Ten minutes later, you’re not talking about dishes anymore. You’re talking about respect. About who carries the load. About feeling alone. One of you goes silent. The other gets louder. You both leave the room feeling worse—confused about how a normal night turned into a blow-up.

In my work with couples counseling Utah County, I see this pattern all the time: stress doesn’t just make life harder. It makes connection harder. And it can make good couples fight more.

Why stress makes conflict more likely

Here’s the simplest way I can say it: stress pulls your brain and body into protection mode. When you’re under pressure, you have less bandwidth for patience, curiosity, and generosity. Little missteps land like big threats.

Think of stress like running too many apps on your phone at once. Everything gets glitchy. You freeze. You crash. You misread signals. Your partner’s neutral face can suddenly feel like disapproval. A short reply can sound like contempt. A request can feel like a demand.

This is the “stress → safety alarm → conflict” loop:

  • Stress lowers capacity. You’re tired, overloaded, and stretched thin.

  • Threat sensitivity increases. Your nervous system scans for danger faster.
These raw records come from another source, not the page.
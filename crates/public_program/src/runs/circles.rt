//! The circle of a user over the problem of examples/transport: its hierarchical plan is encoded, the texts are translated, the steps are
//! validated against what was written, and decoded again; with first-free slots, and, where the deliveries come one after the other, as
//! a stack too. The steps in order were made by a script that counts slots and cells by their rules, and shares nothing with the program.
use super::Outside;
use htn_base::Memory;
use htn_cli::{Status, run};
use memory_io::MemSink;
use std::alloc::Global;
use std::process::Abort;
use std::test::Fail;

const DOMAIN: &str = concat!(
    "(define (domain transport)",
    " (:requirements :typing :hierarchy :method-preconditions)",
    " (:types location locatable - object vehicle package - locatable)",
    " (:predicates (road ?l1 ?l2 - location) (at ?x - locatable ?l - location) (in ?p - package ?v - vehicle))",
    " (:task deliver :parameters (?p - package ?l - location))",
    " (:task get-to :parameters (?v - vehicle ?l - location))",
    " (:method m-deliver :parameters (?v - vehicle ?p - package ?l1 ?l2 - location) :task (deliver ?p ?l2)",
    " :ordered-subtasks (and (get-to ?v ?l1) (pick-up ?v ?l1 ?p) (get-to ?v ?l2) (drop ?v ?l2 ?p)))",
    " (:method m-via :parameters (?v - vehicle ?l1 ?l2 ?l3 - location) :task (get-to ?v ?l3)",
    " :ordered-subtasks (and (drive ?v ?l1 ?l2) (get-to ?v ?l3)))",
    " (:method m-there :parameters (?v - vehicle ?l - location) :task (get-to ?v ?l) :precondition (at ?v ?l) :subtasks ())",
    " (:action drive :parameters (?v - vehicle ?l1 ?l2 - location)",
    " :precondition (and (at ?v ?l1) (road ?l1 ?l2)) :effect (and (not (at ?v ?l1)) (at ?v ?l2)))",
    " (:action pick-up :parameters (?v - vehicle ?l - location ?p - package)",
    " :precondition (and (at ?v ?l) (at ?p ?l)) :effect (and (not (at ?p ?l)) (in ?p ?v)))",
    " (:action drop :parameters (?v - vehicle ?l - location ?p - package)",
    " :precondition (and (at ?v ?l) (in ?p ?v)) :effect (and (not (in ?p ?v)) (at ?p ?l))))",
);

const IN_ANY_ORDER: &str = concat!(
    "(define (problem two-trucks) (:domain transport)",
    " (:objects l0 l1 l2 - location v1 v2 - vehicle p1 p2 p3 - package)",
    " (:htn :parameters () :subtasks (and (deliver p1 l1) (deliver p2 l1) (deliver p3 l1)))",
    " (:init (road l0 l1) (road l1 l0) (road l1 l2) (road l2 l1)",
    " (at v1 l0) (at v2 l2) (at p1 l0) (at p2 l0) (at p3 l2)))",
);

const IN_ORDER: &str = concat!(
    "(define (problem two-trucks) (:domain transport)",
    " (:objects l0 l1 l2 - location v1 v2 - vehicle p1 p2 p3 - package)",
    " (:htn :parameters () :ordered-subtasks (and (deliver p1 l1) (deliver p2 l1) (deliver p3 l1)))",
    " (:init (road l0 l1) (road l1 l0) (road l1 l2) (road l2 l1)",
    " (at v1 l0) (at v2 l2) (at p1 l0) (at p2 l0) (at p3 l2)))",
);

/// The tree and the plan that lie in examples/transport.
const TREE: &str = concat!(
    "==>\n",
    "0 pick-up v1 l0 p1\n",
    "1 pick-up v1 l0 p2\n",
    "2 pick-up v2 l2 p3\n",
    "3 drive v1 l0 l1\n",
    "4 drive v2 l2 l1\n",
    "5 drop v1 l1 p1\n",
    "6 drop v1 l1 p2\n",
    "7 drop v2 l1 p3\n",
    "root 8 10 12\n",
    "8 deliver p1 l1 -> m-deliver 9 0 14 5\n",
    "9 get-to v1 l0 -> m-there\n",
    "10 deliver p2 l1 -> m-deliver 11 1 17 6\n",
    "11 get-to v1 l0 -> m-there\n",
    "12 deliver p3 l1 -> m-deliver 13 2 15 7\n",
    "13 get-to v2 l2 -> m-there\n",
    "14 get-to v1 l1 -> m-via 3 16\n",
    "15 get-to v2 l1 -> m-via 4 18\n",
    "16 get-to v1 l1 -> m-there\n",
    "17 get-to v1 l1 -> m-there\n",
    "18 get-to v2 l1 -> m-there\n",
    "<==\n",
);

const PLAN: &str = concat!(
    "; slots 8\n",
    "(htn_start htn_s1 htn_s2 htn_s3)\n",
    "(htn_m_m-deliver htn_s2 htn_s4 htn_s5 htn_s6 v1 p1 l0 l1)\n",
    "(htn_m_m-there htn_s4 v1 l0)\n",
    "(htn_c_m-there htn_s4 v1 l0)\n",
    "(pick-up htn_s5 v1 l0 p1)\n",
    "(htn_m_m-deliver htn_s3 htn_s4 htn_s5 htn_s7 v1 p2 l0 l1)\n",
    "(htn_m_m-there htn_s4 v1 l0)\n",
    "(htn_c_m-there htn_s4 v1 l0)\n",
    "(pick-up htn_s5 v1 l0 p2)\n",
    "(htn_m_m-deliver htn_s1 htn_s4 htn_s5 htn_s8 v2 p3 l2 l1)\n",
    "(htn_m_m-there htn_s4 v2 l2)\n",
    "(htn_c_m-there htn_s4 v2 l2)\n",
    "(pick-up htn_s5 v2 l2 p3)\n",
    "(htn_m_m-via htn_s6 htn_s4 v1 l0 l1 l1)\n",
    "(drive htn_s4 v1 l0 l1)\n",
    "(htn_m_m-via htn_s8 htn_s4 v2 l2 l1 l1)\n",
    "(drive htn_s4 v2 l2 l1)\n",
    "(htn_m_m-there htn_s6 v1 l1)\n",
    "(htn_c_m-there htn_s6 v1 l1)\n",
    "(drop htn_s2 v1 l1 p1)\n",
    "(htn_m_m-there htn_s7 v1 l1)\n",
    "(htn_c_m-there htn_s7 v1 l1)\n",
    "(drop htn_s3 v1 l1 p2)\n",
    "(htn_m_m-there htn_s8 v2 l1)\n",
    "(htn_c_m-there htn_s8 v2 l1)\n",
    "(drop htn_s1 v2 l1 p3)\n",
);

/// A tree of the deliveries in order, and its steps with lowest slots, and with cells.
const TREE_IN_ORDER: &str = concat!(
    "==>\n",
    "0 pick-up v1 l0 p1\n",
    "1 drive v1 l0 l1\n",
    "2 drop v1 l1 p1\n",
    "3 drive v1 l1 l0\n",
    "4 pick-up v1 l0 p2\n",
    "5 drive v1 l0 l1\n",
    "6 drop v1 l1 p2\n",
    "7 pick-up v2 l2 p3\n",
    "8 drive v2 l2 l1\n",
    "9 drop v2 l1 p3\n",
    "root 10 14 19\n",
    "10 deliver p1 l1 -> m-deliver 11 0 12 2\n",
    "11 get-to v1 l0 -> m-there\n",
    "12 get-to v1 l1 -> m-via 1 13\n",
    "13 get-to v1 l1 -> m-there\n",
    "14 deliver p2 l1 -> m-deliver 15 4 17 6\n",
    "15 get-to v1 l0 -> m-via 3 16\n",
    "16 get-to v1 l0 -> m-there\n",
    "17 get-to v1 l1 -> m-via 5 18\n",
    "18 get-to v1 l1 -> m-there\n",
    "19 deliver p3 l1 -> m-deliver 20 7 21 9\n",
    "20 get-to v2 l2 -> m-there\n",
    "21 get-to v2 l1 -> m-via 8 22\n",
    "22 get-to v2 l1 -> m-there\n",
    "<==\n",
);

const PLAN_IN_ORDER: &str = concat!(
    "; slots 6\n",
    "(htn_start htn_s1 htn_s2 htn_s3)\n",
    "(htn_m_m-deliver htn_s2 htn_s4 htn_s5 htn_s6 v1 p1 l0 l1)\n",
    "(htn_m_m-there htn_s4 v1 l0)\n",
    "(htn_c_m-there htn_s4 v1 l0)\n",
    "(pick-up htn_s5 v1 l0 p1)\n",
    "(htn_m_m-via htn_s6 htn_s4 v1 l0 l1 l1)\n",
    "(drive htn_s4 v1 l0 l1)\n",
    "(htn_m_m-there htn_s6 v1 l1)\n",
    "(htn_c_m-there htn_s6 v1 l1)\n",
    "(drop htn_s2 v1 l1 p1)\n",
    "(htn_m_m-deliver htn_s3 htn_s2 htn_s4 htn_s5 v1 p2 l0 l1)\n",
    "(htn_m_m-via htn_s2 htn_s6 v1 l1 l0 l0)\n",
    "(drive htn_s6 v1 l1 l0)\n",
    "(htn_m_m-there htn_s2 v1 l0)\n",
    "(htn_c_m-there htn_s2 v1 l0)\n",
    "(pick-up htn_s4 v1 l0 p2)\n",
    "(htn_m_m-via htn_s5 htn_s2 v1 l0 l1 l1)\n",
    "(drive htn_s2 v1 l0 l1)\n",
    "(htn_m_m-there htn_s5 v1 l1)\n",
    "(htn_c_m-there htn_s5 v1 l1)\n",
    "(drop htn_s3 v1 l1 p2)\n",
    "(htn_m_m-deliver htn_s1 htn_s2 htn_s3 htn_s4 v2 p3 l2 l1)\n",
    "(htn_m_m-there htn_s2 v2 l2)\n",
    "(htn_c_m-there htn_s2 v2 l2)\n",
    "(pick-up htn_s3 v2 l2 p3)\n",
    "(htn_m_m-via htn_s4 htn_s2 v2 l2 l1 l1)\n",
    "(drive htn_s2 v2 l2 l1)\n",
    "(htn_m_m-there htn_s4 v2 l1)\n",
    "(htn_c_m-there htn_s4 v2 l1)\n",
    "(drop htn_s1 v2 l1 p3)\n",
);

const STACKED: &str = concat!(
    "; slots 6\n",
    "(htn_start htn_s1 htn_s2 htn_s3)\n",
    "(htn_m_m-deliver htn_s3 htn_s4 htn_s5 htn_s6 v1 p1 l0 l1)\n",
    "(htn_m_m-there htn_s6 v1 l0)\n",
    "(htn_c_m-there htn_s5 htn_s6 v1 l0)\n",
    "(pick-up htn_s4 htn_s5 v1 l0 p1)\n",
    "(htn_m_m-via htn_s4 htn_s5 v1 l0 l1 l1)\n",
    "(drive htn_s4 htn_s5 v1 l0 l1)\n",
    "(htn_m_m-there htn_s4 v1 l1)\n",
    "(htn_c_m-there htn_s3 htn_s4 v1 l1)\n",
    "(drop htn_s2 htn_s3 v1 l1 p1)\n",
    "(htn_m_m-deliver htn_s2 htn_s3 htn_s4 htn_s5 v1 p2 l0 l1)\n",
    "(htn_m_m-via htn_s5 htn_s6 v1 l1 l0 l0)\n",
    "(drive htn_s5 htn_s6 v1 l1 l0)\n",
    "(htn_m_m-there htn_s5 v1 l0)\n",
    "(htn_c_m-there htn_s4 htn_s5 v1 l0)\n",
    "(pick-up htn_s3 htn_s4 v1 l0 p2)\n",
    "(htn_m_m-via htn_s3 htn_s4 v1 l0 l1 l1)\n",
    "(drive htn_s3 htn_s4 v1 l0 l1)\n",
    "(htn_m_m-there htn_s3 v1 l1)\n",
    "(htn_c_m-there htn_s2 htn_s3 v1 l1)\n",
    "(drop htn_s1 htn_s2 v1 l1 p2)\n",
    "(htn_m_m-deliver htn_s1 htn_s2 htn_s3 htn_s4 v2 p3 l2 l1)\n",
    "(htn_m_m-there htn_s4 v2 l2)\n",
    "(htn_c_m-there htn_s3 htn_s4 v2 l2)\n",
    "(pick-up htn_s2 htn_s3 v2 l2 p3)\n",
    "(htn_m_m-via htn_s2 htn_s3 v2 l2 l1 l1)\n",
    "(drive htn_s2 htn_s3 v2 l2 l1)\n",
    "(htn_m_m-there htn_s2 v2 l1)\n",
    "(htn_c_m-there htn_s1 htn_s2 v2 l1)\n",
    "(drop htn_s0 htn_s1 v2 l1 p3)\n",
);

/// A circle: the problem, the hierarchical plan, its steps, and the options of the translation and of the way back.
#[derive(Clone, Copy)]
struct Circle {
    problem: &'static str,
    tree: &'static str,
    steps: &'static str,
    translated: &'static [&'static str],
    form: &'static [&'static str],
}

const CIRCLES: &[Circle] = &[
    Circle {
        problem: IN_ANY_ORDER,
        tree: TREE,
        steps: PLAN,
        translated: &["--bound", "8", "--slots", "first"],
        form: &["--bound", "8"],
    },
    Circle {
        problem: IN_ORDER,
        tree: TREE_IN_ORDER,
        steps: PLAN_IN_ORDER,
        translated: &["--slots", "first"],
        form: &[],
    },
    Circle {
        problem: IN_ORDER,
        tree: TREE_IN_ORDER,
        steps: STACKED,
        translated: &["--form", "stack"],
        form: &["--form", "stack"],
    },
];

/// The run of these words tells this text, where it is asked for, and does what it was asked.
fn tells(
    rt: &impl Abort,
    outside: &mut Outside,
    command: &[&str],
    options: &[&str],
    told: Option<&str>,
) -> Result<(), Memory> {
    let mut words = Vec::new(outside.alloc);
    for word in command {
        words.push(String::from_str(outside.alloc, word)?)?;
    }
    for word in options {
        words.push(String::from_str(outside.alloc, word)?)?;
    }
    outside.out = MemSink::new(outside.alloc, 3);
    let status = run(
        outside.alloc,
        words.as_slice(),
        &mut outside.files,
        &mut outside.out,
        &mut outside.err,
    );
    assert_eq!(rt; status, Status::Done);
    if let Some(told) = told {
        assert!(rt; outside.out.bytes() == told.as_bytes());
    }
    Ok(())
}

fn closes(rt: &impl Abort, alloc: Global, circle: &Circle) -> Result<(), Memory> {
    let mut outside = Outside::new(alloc);
    outside.files.add("d", DOMAIN.as_bytes())?;
    outside.files.add("p", circle.problem.as_bytes())?;
    outside.files.add("tree", circle.tree.as_bytes())?;
    outside.files.add("plan", circle.steps.as_bytes())?;
    let encode = &["encode", "d", "p", "tree"];
    let translate = &["translate", "d", "p", "od", "op"];
    let validate = &["validate", "od", "op", "plan"];
    let decode = &["decode", "d", "p", "plan"];
    tells(rt, &mut outside, encode, circle.form, Some(circle.steps))?;
    tells(rt, &mut outside, translate, circle.translated, None)?;
    tells(rt, &mut outside, validate, &[], Some("valid\n"))?;
    tells(rt, &mut outside, decode, circle.form, Some(circle.tree))
}

#[test]
fn each_circle_closes(rt: HostRuntime) -> Result<(), Fail> {
    for circle in CIRCLES {
        closes(&rt, rt.alloc(), circle)?;
    }
    Ok(())
}
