use htn_base::Name;

/// What the printed problem calls its order pairs: the number of their predicate, the type of slots, the name of a slot
/// that is quantified, and the object of the first slot, after which the others follow.
#[derive(Clone, Copy)]
pub struct OrderNames {
    pub before: u32,
    pub slot_type: u32,
    pub x: Name,
    pub first_slot: u32,
}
  • Misattunement is more likely. You miss each other’s bids for connection.

  • Conflict escalates. You both protect yourselves—often in opposite ways.

What “emotional flooding” feels like (and why it matters)

In Gottman Method couples therapy, we talk about emotional flooding—when your body gets so activated that your thinking brain goes partially offline.

Flooding can feel like:

  • a racing heart, hot face, tight chest

  • tunnel vision (“I can’t see any good in this moment”)

  • a surge of urgency (“We have to solve this right now”)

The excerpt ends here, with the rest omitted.